+++ Source material

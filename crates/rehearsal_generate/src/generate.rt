//! Generated work, from the first post to the summary.
ghost use Rattle.std.specs.Prelude.{◌≡◌, ◌≤◌, IfOk, OnOk};
ghost use Rattle.world_law.specs.Laws.{Safe};
ghost use Rattle.rehearsal_model.specs.Simulations.{UnsyncedKept};
ghost use Rattle.rehearsal_generate.specs.Summary.{summary_of};
ghost use Rattle.rehearsal_generate.specs.Work.{work_of};

use crate::hosts::{law_hosts, work_hosts};
use crate::job::run_posts;
use crate::summary::summarize;
use crate::tally::Tally;
use ps_time::memory::Memory;
use ps_time::text::Text;
use psched_rehearse::rehearse::open_hosts;
use psched_rehearse::state::rehearsal::Rehearsal;
use rehearsal_model::law::law_played;
use std::alloc::Global;

/// Posts so many drawn tasks to eight hosts, runs these for a while behind each, with losses and crashes, and tells what came of it.
/// docs/specification/generated-work.md states the work and the summary.
#[tactic(auto, unfolding(crate::specs::Summary::summary_of, crate::specs::Work::work))]
pub fn generate(alloc: Global, count: u32) -> Result<Text, Memory>
    requires { count ≤ 2000 }
    ensures summary { IfOk result (λ text. text ≡ summary_of count) }
    ensures safe { (turns : UnsyncedKept) → OnOk result (Safe (work_of count turns)) }
{
    law_hosts();
    law_played();
    let hosts = work_hosts(alloc)?;
    let all = hosts.as_slice();
    let held_hosts = open_hosts(alloc, all)?;
    let mut now = Rehearsal::new(alloc, held_hosts)?;
    let mut tally = Tally::new(alloc);
    run_posts(alloc, all, &mut now, &mut tally, count)?;
    summarize(alloc, count, &now, &tally)
}
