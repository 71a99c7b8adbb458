//! One post after another, and the seconds behind each.
ghost use Rattle.std.specs.Prelude.{◌≡◌, ◌<◌, ◌≤◌, ◌+◌, OnOk};
ghost use Rattle.ps_time.specs.declared.moment.TheConstants.{MAX_MOMENT};
ghost use Rattle.rehearsal_model.specs.Plays.{MayMake};
ghost use Rattle.rehearsal_model.specs.Simulations.{first_play, first_simulation};
ghost use Rattle.rehearsal_generate.specs.Posts.{post_of};
ghost use Rattle.rehearsal_generate.specs.Shown.{Alike, IsShown};
ghost use Rattle.rehearsal_generate.specs.Work.{first_tally, job, moment_of_post, plays, posting, second, seconds, shows, turned, work_hosts, worked};

use crate::message::fly;
use crate::moves::{post, take_turn};
use crate::post::{draw_post, partner_of};
use crate::tally::Tally;
use ps_time::memory::Memory;
use ps_time::moment::Moment;
use psched_rehearse::state::rehearsal::Rehearsal;
use rehearsal_script::script::ScriptHost;
use std::alloc::Global;

// The moment of the first post.
const FIRST: Moment = 1_700_000_000;

// The host at a place and its partner take their turns.
fn take_turns(
    alloc: Global,
    hosts: &[ScriptHost],
    now: &mut Rehearsal,
    place: usize,
    clock: Moment,
) -> Result<(), Memory>
    requires shown { IsShown hosts.now now.old }
    requires place { place < 8 }
    requires clock { clock ≤ MAX_MOMENT }
    ensures { OnOk result (now.new ≡ turned (shows hosts.now) place clock now.old) }
{
    take_turn(alloc, now, place, clock)?;
    let partner = partner_of(place);
    take_turn(alloc, now, partner, clock)
}

// What is in flight after the turns is lost or arrives, the replies last.
#[tactic(auto, unfolding(crate::specs::Work::second))]
fn live_second(
    alloc: Global,
    hosts: &[ScriptHost],
    now: &mut Rehearsal,
    tally: &mut Tally,
    place: usize,
    clock: Moment,
) -> Result<(), Memory>
    requires shown { IsShown hosts.now now.old }
    requires place { place < 8 }
    requires clock { clock ≤ MAX_MOMENT }
    ensures { OnOk result ((now.new, tally.new) ≡ second (shows hosts.now) place clock (now.old, tally.old)) }
{
    take_turns(alloc, hosts, now, place, clock)?;
    fly(alloc, hosts, now, tally, place, clock)?;
    fly(alloc, hosts, now, tally, place, clock)
}

fn live_seconds(
    alloc: Global,
    hosts: &[ScriptHost],
    now: &mut Rehearsal,
    tally: &mut Tally,
    place: usize,
    start: Moment,
) -> Result<(), Memory>
    requires shown { IsShown hosts.now now.old }
    requires place { place < 8 }
    requires clock { start + 6 ≤ MAX_MOMENT }
    ensures { OnOk result ((now.new, tally.new) ≡ seconds (shows hosts.now) place start 6 (now.old, tally.old)) }
{
    for second in 0..6_u64 {
        let clock = start + second + 1;
        live_second(alloc, hosts, now, tally, place, clock)?;
    }
    Ok(())
}

// The post of this number, the first of which is 0, and six seconds behind it.
#[tactic(auto, unfolding(crate::specs::Work::job))]
fn run_post(
    alloc: Global,
    hosts: &[ScriptHost],
    now: &mut Rehearsal,
    tally: &mut Tally,
    number: u32,
) -> Result<(), Memory>
    requires shown { IsShown hosts.now now.old }
    requires number { number < 2000 }
    ensures work { OnOk result ((now.new, tally.new) ≡ job (shows hosts.now) number (now.old, tally.old)) }
    ensures may { OnOk result (MayMake now.old (posting now.old (moment_of_post number) (post_of tally.old.seed))) }
{
    let clock = FIRST + 10 * number as u64;
    let drawn = draw_post(tally);
    post(alloc, now, &drawn, clock)?;
    live_seconds(alloc, hosts, now, tally, drawn.place, clock)
}

/// So many posts, from the first one on.
pub fn run_posts(
    alloc: Global,
    hosts: &[ScriptHost],
    now: &mut Rehearsal,
    tally: &mut Tally,
    count: u32,
) -> Result<(), Memory>
    requires hosts { hosts.now ≡ work_hosts }
    requires now { now.old ≡ first_simulation hosts.now }
    requires tally { tally.old ≡ first_tally }
    requires count { count ≤ 2000 }
    ensures { OnOk result (Alike hosts.now (worked (plays hosts.now) count (first_play hosts.now)) (now.new, tally.new)) }
{
    for number in 0..count {
        run_post(alloc, hosts, now, tally, number)?;
    }
    Ok(())
}
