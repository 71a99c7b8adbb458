//! What a host shows of its book.
#![tactic(auto)]

pub mod page;
mod schedule;
pub mod showing;
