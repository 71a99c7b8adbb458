//! The hosts that do the work.
ghost use Rattle.std.specs.Prelude.{◌≡◌, IfOk, length};
ghost use Rattle.rehearsal_script.specs.Lawful.{AreLawfulHosts};
ghost use Rattle.rehearsal_generate.specs.Work.{host_numbers, host_of, work_hosts};

use ps_time::items::Items;
use ps_time::memory::Memory;
use ps_time::text::Text;
use rehearsal_script::script::ScriptHost;
use std::alloc::Global;

static NUMBERS: [u16; 8] = [1, 2, 3, 4, 5, 6, 7, 8];

fn numbers() -> &'static [u16]
    ensures { result.now ≡ host_numbers }
{
    &NUMBERS
}

fn host_of(alloc: Global, number: u16) -> Result<ScriptHost, Memory>
    ensures { IfOk result (λ host. host ≡ host_of number) }
{
    let name = Text::from_string(format!(in alloc; "h{number}")?);
    Ok(ScriptHost { name, number })
}

/// `h1` to `h8`, with the numbers 1 to 8.
#[tactic(auto, unfolding(crate::specs::Work::work_hosts))]
pub fn work_hosts(alloc: Global) -> Result<Vec<ScriptHost>, Memory>
    ensures { IfOk result (λ hosts. hosts.items ≡ work_hosts) }
{
    let mut hosts = Vec::new(alloc);
    for number in numbers() {
        hosts.push(host_of(alloc, *number)?)?;
    }
    Ok(hosts)
}

/// A law: a script may declare these hosts.
pub fn law_hosts()
    ensures lawful { AreLawfulHosts work_hosts }
    ensures eight { length work_hosts ≡ 8 }
{}
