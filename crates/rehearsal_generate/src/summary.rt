//! The summary of the work.
ghost use Rattle.std.specs.Prelude.{◌≡◌, ◌++◌, ◌≤◌, All, IfOk, OnOk, map, true};
ghost use Rattle.std.specs.String.{string_bytes};
ghost use Rattle.ps_time.specs.declared.moment.TheConstants.{MAX_MOMENT};
ghost use Rattle.run_states.specs.Life.{HasMoments, settled_rows, state_of};
ghost use Rattle.rehearsal_model.specs.Plays.{IsUnarmed};
ghost use Rattle.rehearsal_generate.specs.Summary.{count_line, count_named, counts_text, stage_states, state_line, states_of, states_text, states_told, summary_text};

use crate::tally::Tally;
use ps_time::memory::Memory;
use ps_time::moment::Moment;
use ps_time::text::Text;
use psched_rehearse::state::rehearsal::Rehearsal;
use psched_rehearse::state::simulated::SimulatedHost;
use rehearsal_report::table::settled_state;
use run_states::lent::LentRows;
use run_states::state::State;
use std::alloc::Global;

// In the order of the summary.
static TOLD: [State; 11] = [
    State::Pending,
    State::OnDeck,
    State::Running,
    State::Cleanup,
    State::Finished,
    State::Overdue,
    State::Missed,
    State::Failed,
    State::Preempted,
    State::Nonstart,
    State::Canceled,
];

fn told() -> &'static [State]
    ensures { result.now ≡ states_told }
{
    &TOLD
}

fn add_states(states: &mut Vec<State>, rows: LentRows<'_>, moment: Moment) -> Result<(), Memory>
    requires moment { moment ≤ MAX_MOMENT }
    requires rows { All HasMoments rows }
    ensures { OnOk result (states.new.items ≡ states.old.items ++ map (λ r. state_of r moment) (settled_rows moment rows.entry)) }
{
    for row in rows {
        states.push(settled_state(row, moment))?;
    }
    Ok(())
}

fn add_held_host(
    states: &mut Vec<State>,
    held_host: &SimulatedHost,
    moment: Moment,
) -> Result<(), Memory>
    requires ready { held_host.now.ready ≡ true }
    requires moment { moment ≤ MAX_MOMENT }
    ensures { OnOk result (states.new.items ≡ states.old.items ++ stage_states moment held_host.now.state) }
{
    add_states(states, held_host.book().rows().in_order(), moment)
}

// The states of all hosts' runs, at the last moment.
fn states_of(alloc: Global, now: &Rehearsal) -> Result<Vec<State>, Memory>
    requires unarmed { All IsUnarmed now.now.held_hosts }
    requires moment { now.now.last ≤ MAX_MOMENT }
    ensures { IfOk result (λ states. states.items ≡ states_of now.now) }
{
    let moment = now.last();
    let mut states = Vec::new(alloc);
    for held_host in now.held_hosts() {
        add_held_host(&mut states, held_host, moment)?;
    }
    Ok(states)
}

fn count_named(states: &[State], name: &str) -> usize
    ensures { result ≡ count_named name.now states.now }
{
    let mut count = 0;
    for state in states {
        if state.name() == name {
            count += 1;
        }
    }
    count
}

fn add_line(text: &mut String, name: &str, count: usize) -> Result<(), Memory>
    ensures { OnOk result (string_bytes text.new ≡ string_bytes text.old ++ count_line name.now count) }
{
    writeln!(text, "{name} {count}")?;
    Ok(())
}

#[tactic(auto, unfolding(crate::specs::Summary::counts_text))]
fn add_counts(text: &mut String, count: u32, now: &Rehearsal, tally: &Tally) -> Result<(), Memory>
    ensures { OnOk result (string_bytes text.new ≡ string_bytes text.old ++ counts_text count now.now tally.now) }
{
    add_line(text, "hosts", 8)?;
    add_line(text, "tasks", count as usize)?;
    add_line(text, "messages", now.messages().len())?;
    add_line(text, "lost", tally.lost.len())?;
    add_line(text, "crashes", tally.crashes.len())
}

// One line of the summary.
fn add_state(text: &mut String, states: &[State], state: State) -> Result<(), Memory>
    ensures { OnOk result (string_bytes text.new ≡ string_bytes text.old ++ state_line states.now state) }
{
    let name = state.name();
    add_line(text, name, count_named(states, name))
}

#[tactic(auto, unfolding(crate::specs::Summary::states_text))]
fn add_state_counts(text: &mut String, states: &[State]) -> Result<(), Memory>
    ensures { OnOk result (string_bytes text.new ≡ string_bytes text.old ++ states_text states.now) }
{
    for state in told() {
        add_state(text, states, *state)?;
    }
    Ok(())
}

/// What is told of the work of so many posts.
pub fn summarize(alloc: Global, count: u32, now: &Rehearsal, tally: &Tally) -> Result<Text, Memory>
    requires unarmed { All IsUnarmed now.now.held_hosts }
    requires moment { now.now.last ≤ MAX_MOMENT }
    ensures { IfOk result (λ text. text ≡ summary_text count now.now tally.now) }
{
    let states = states_of(alloc, now)?;
    let mut text = String::new(alloc);
    add_counts(&mut text, count, now, tally)?;
    add_state_counts(&mut text, states.as_slice())?;
    Ok(Text::from_string(text))
}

++++++

Task goal: Lines above that contain the string "length" make up the answer.

Answer box:
ghost use Rattle.std.specs.Prelude.{◌≡◌, IfOk, length};
    ensures eight { length work_hosts ≡ 8 }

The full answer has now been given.